All tricks and no treats for store owners this Halloween, says The Fed

THE Federation of Independent Retailers (the Fed) has strongly condemned the move by Newsquest to cut the percentage margin to retailers as part of price increases on The National and The Herald in Scotland.
Despite previous discussions with the publishing firm on the importance of maintaining at least 18% margin to ensure retailers would at least break even this year, Newsquest’s American-owned parent firm, Gannett Media, has made the move to cut margins to as low as 16.7% on some titles.
Responding to this move, Hetal Patel, national president at the Fed, said: “The Federation has stated a policy of pursuing margin increases to protect the viability of News for members, this move directly flies in the face of this aim and is unwelcome.
“This move now means hard working retailers are expected to devote space and time to loss-making titles. I strongly encourage Newsquest to review this decision and get around the table for discussions on a way forward, and perhaps best avoid demonstrations taking place.”

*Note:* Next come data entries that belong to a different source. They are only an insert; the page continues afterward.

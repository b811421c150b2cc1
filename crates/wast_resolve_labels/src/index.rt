//! Searching enclosing blocks by label: one by one, and with an index.

ghost use Rattle.std.specs.Prelude.{◌≡◌, ◌+◌, ◌-◌, ◌∷◌, length, Some, IsSome, IfOk, OnOk, OnErr};
ghost use Rattle.std.specs.BTreeMap.{get, Updates};
ghost use Rattle.wast_base.specs.Blocks.{Blocks};
ghost use Rattle.wast_base.specs.contracts.ids.IdOrd.TheImpl as by_name;
ghost use Rattle.wast_base.specs.Ids.{name_of};
ghost use Rattle.wast_base.specs.Spaces.{is_called};
ghost use Rattle.wast_resolve_labels.specs.OpenBlocks.{label_depth};
ghost use Rattle.wast_resolve_labels.specs.Indexed.{label_of, labels_of, innermost_if, HasPlaces, IsIndexed, IsIndexOf};
ghost use Rattle.wast_resolve_labels.specs.Marks.{label_mark, marks_of};

use crate::marks::mark_of;
use std::alloc::AllocError;
use std::collections::BTreeMap;
use wast_base::Id;

/// Returns the depth of a label among blocks with their marks, comparing one after the other.
#[inline(never)]
pub(crate) fn steps_back<'a>(blocks: &[Option<Id<'a>>], marks: &[u16], id: &Id<'a>) -> Option<usize>
    requires { marks.now ≡ marks_of blocks.now }
    ensures { result ≡ label_depth (name_of id.now) (labels_of blocks.now) }
{
    let mark = mark_of(id);
    let mut steps: usize = 0;
    while steps < blocks.len() {
        let at = blocks.len() - 1 - steps;
        if has_label(&blocks[at], marks[at], mark, id) {
            return Some(steps);
        }
        steps += 1;
    }
    None
}

/// Returns whether a block has a label. Names are compared only if the marks are equal.
#[inline(always)]
fn has_label<'a>(block: &Option<Id<'a>>, own: u16, mark: u16, id: &Id<'a>) -> bool
    requires own { own ≡ label_mark (label_of block.now) }
    requires mark { mark ≡ label_mark (Some (name_of id.now)) }
    ensures { result ≡ is_called (name_of id.now) (label_of block.now) }
{
    if own != mark {
        return false;
    }
    is_labelled(block, id)
}

/// Does the same by name.
fn is_labelled<'a>(block: &Option<Id<'a>>, id: &Id<'a>) -> bool
    ensures { result ≡ is_called (name_of id.now) (label_of block.now) }
{
    match block {
        Some(label) => id.is_same(label),
        None => false,
    }
}

/// Returns the position of the innermost indexed block with a label.
pub(crate) fn indexed_place<'a>(places: &BTreeMap<Id<'a>, usize>, id: &Id<'a>) -> Option<usize>
    ensures { result ≡ get by_name.ghosts.cmp places.now id.now }
{
    places.get(id).copied()
}

/// Indexes all blocks. If allocation fails, some are not indexed.
pub(crate) fn index_all<'a>(
    blocks: &[Option<Id<'a>>],
    places: &mut BTreeMap<Id<'a>, usize>,
    outer: &mut Vec<Option<usize>>,
) -> Result<(), AllocError>
    ensures { IsIndexOf blocks.now places.old outer.old.items → IsIndexOf blocks.now places.new outer.new.items }
{
    while outer.len() < blocks.len() {
        index_block(places, outer, blocks[outer.len()])?;
    }
    Ok(())
}

/// Indexes one more block, which is inside the indexed ones. If allocation fails, nothing changes.
fn index_block<'a>(
    places: &mut BTreeMap<Id<'a>, usize>,
    outer: &mut Vec<Option<usize>>,
    label: Option<Id<'a>>,
) -> Result<(), AllocError>
    ensures ok { OnOk result ((ls : Blocks) → length ls ≡ length outer.old.items → IsIndexed places.old outer.old.items ls
        → IsIndexed places.new outer.new.items (label_of label.entry ∷ ls)) }
    ensures grows { OnOk result (length outer.new.items ≡ length outer.old.items + 1) }
    ensures err { OnErr result ((places.new.entries ≡ places.old.entries) × (outer.new.items ≡ outer.old.items)) }
{
    outer.reserve(1)?;
    let further = keep_place(places, outer.len(), label)?;
    outer.push_reserved(further);
    Ok(())
}

/// Stores a position for a label, if there is one, and returns the position that was stored before.
fn keep_place<'a>(
    places: &mut BTreeMap<Id<'a>, usize>,
    place: usize,
    label: Option<Id<'a>>,
) -> Result<Option<usize>, AllocError>
    ensures ok { IfOk result (λ further. (ls : Blocks) → length ls ≡ place → HasPlaces places.old ls
        → HasPlaces places.new (label_of label.entry ∷ ls) × (further ≡ innermost_if (label_of label.entry) ls)) }
    ensures err { OnErr result (places.new.entries ≡ places.old.entries) }
{
    match label {
        Some(id) => Ok(places.insert(id, place)?),
        None => Ok(None),
    }
}

/// Removes the innermost indexed block from the index. Its label gets the position of the next one
/// further out with it, or leaves the index.
pub(crate) fn unindex_block<'a>(
    places: &mut BTreeMap<Id<'a>, usize>,
    outer: &mut Vec<Option<usize>>,
    label: Option<Id<'a>>,
)
    ensures indexed { (ls : Blocks) → IsIndexed places.old outer.old.items (label_of label.entry ∷ ls) → IsIndexed places.new outer.new.items ls }
    ensures shrinks { length outer.new.items ≡ length outer.old.items - 1 }
{
    if let (Some(further), Some(id)) = (outer.pop(), label) {
        put_further(places, id, further);
    }
}

/// Replaces the position of a label by that of the next block further out, or removes the label.
fn put_further<'a>(places: &mut BTreeMap<Id<'a>, usize>, id: Id<'a>, further: Option<usize>)
    ensures { IsSome (get by_name.ghosts.cmp places.old id.entry) → Updates by_name.ghosts.cmp places.old places.new id.entry further }
{
    match further {
        Some(place) => {
            // The label is in the map, so this does not allocate.
            let _ = places.insert(id, place);
        }
        None => {
            let _ = places.remove(&id);
        }
    }
}
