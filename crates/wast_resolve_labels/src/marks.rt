//! Marks of labels: two bytes that are compared before names.

ghost use Rattle.std.specs.Prelude.{◌≡◌, Some};
ghost use Rattle.wast_base.specs.Ids.{name_of};
ghost use Rattle.wast_resolve_labels.specs.Indexed.{label_of};
ghost use Rattle.wast_resolve_labels.specs.Marks.{label_mark};

use wast_base::Id;

/// Returns the mark of a label that may be missing.
#[inline(always)]
pub(crate) fn mark_if<'a>(label: &Option<Id<'a>>) -> u16
    ensures { result ≡ label_mark (label_of label.now) }
{
    match label {
        Some(id) => mark_of(id),
        None => 0,
    }
}

/// Returns the mark of a label: the lowest byte of its length, and its last byte.
#[inline(always)]
pub(crate) fn mark_of<'a>(id: &Id<'a>) -> u16
    ensures { result ≡ label_mark (Some (name_of id.now)) }
{
    let text = id.name().as_bytes();
    if text.is_empty() {
        return 0;
    }
    let long = (text.len() % 256) as u16;
    long * 256 + u16::from(text[text.len() - 1])
}
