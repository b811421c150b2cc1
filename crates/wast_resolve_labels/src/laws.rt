//! Theorems about the enclosing blocks at each position of an expression.

ghost use Rattle.wast_resolve_labels.specs.Laws.{StepsAsCounted, WalksAsCounted, HasFewBlocks, HasRoom, DenotesTheLast, DenotesNothing, ExpectsTheLast, ExpectsAny};

/// Theorem: a walk over instructions has the blocks that are opened and not closed yet (text
/// format: control instructions, labels).
///
/// They are at most as many as the openers before the position. Before an opener they are fewer
/// than all openers. The depth of a label is the number of unclosed openers after the last unclosed
/// one with the label. Without such an opener it has no depth.
///
/// For example, after `block $a loop $b block nop end` the enclosing blocks are `$b`, `$a`. Call it
/// in a proof to obtain its clauses.
pub fn walking_law()
    ensures step { StepsAsCounted }
    ensures walk { WalksAsCounted }
    ensures few { HasFewBlocks }
    ensures room { HasRoom }
    ensures denotes { DenotesTheLast }
    ensures denotes_nothing { DenotesNothing }
{}

/// Theorem: which labels `else` and `end` may have (text format: control instructions, labels).
///
/// If a block is open, a label is allowed exactly if it is that of the last unclosed opener. If no
/// block is open, any label is allowed. For example, after `block $a` the label of `end $a` is
/// allowed, and that of `end $b` is not.
pub fn expecting_law()
    ensures last { ExpectsTheLast }
    ensures any { ExpectsAny }
{}
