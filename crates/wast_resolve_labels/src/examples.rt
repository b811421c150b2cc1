//! An expression with its enclosing blocks and labels, which the definitions compute.

ghost use Rattle.wast_resolve_labels.specs.Worked.{ThreeAreOpen, LabelsThere, EndsThere};

/// The enclosing blocks of the example, the depths of its labels, and the labels allowed at `end`.
#[tactic(auto, using(crate::proofs::Worked::three_are_open, crate::proofs::Worked::labels_there, crate::proofs::Worked::ends_there))]
pub(crate) fn nested_blocks()
    ensures open_blocks { ThreeAreOpen }
    ensures labels { LabelsThere }
    ensures ends { EndsThere }
{}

Andrew Williamson, news category manager at the Fed, said: “Gannett, the American company which ultimately owns Newsquest, has made this decision from their ivory tower and this move is a further step on a slippery slope for them and their titles.Â
“It is clear Newsquest understand that this move will generate severe frustration and a reaction from retail. Giving retailers less than 48 hours’ notice of a cut to their terms is underhanded and not the behaviour we nor our members expect in a professional trading relationship. Newsquest need to look closely at themselves and their behaviour in this matter.”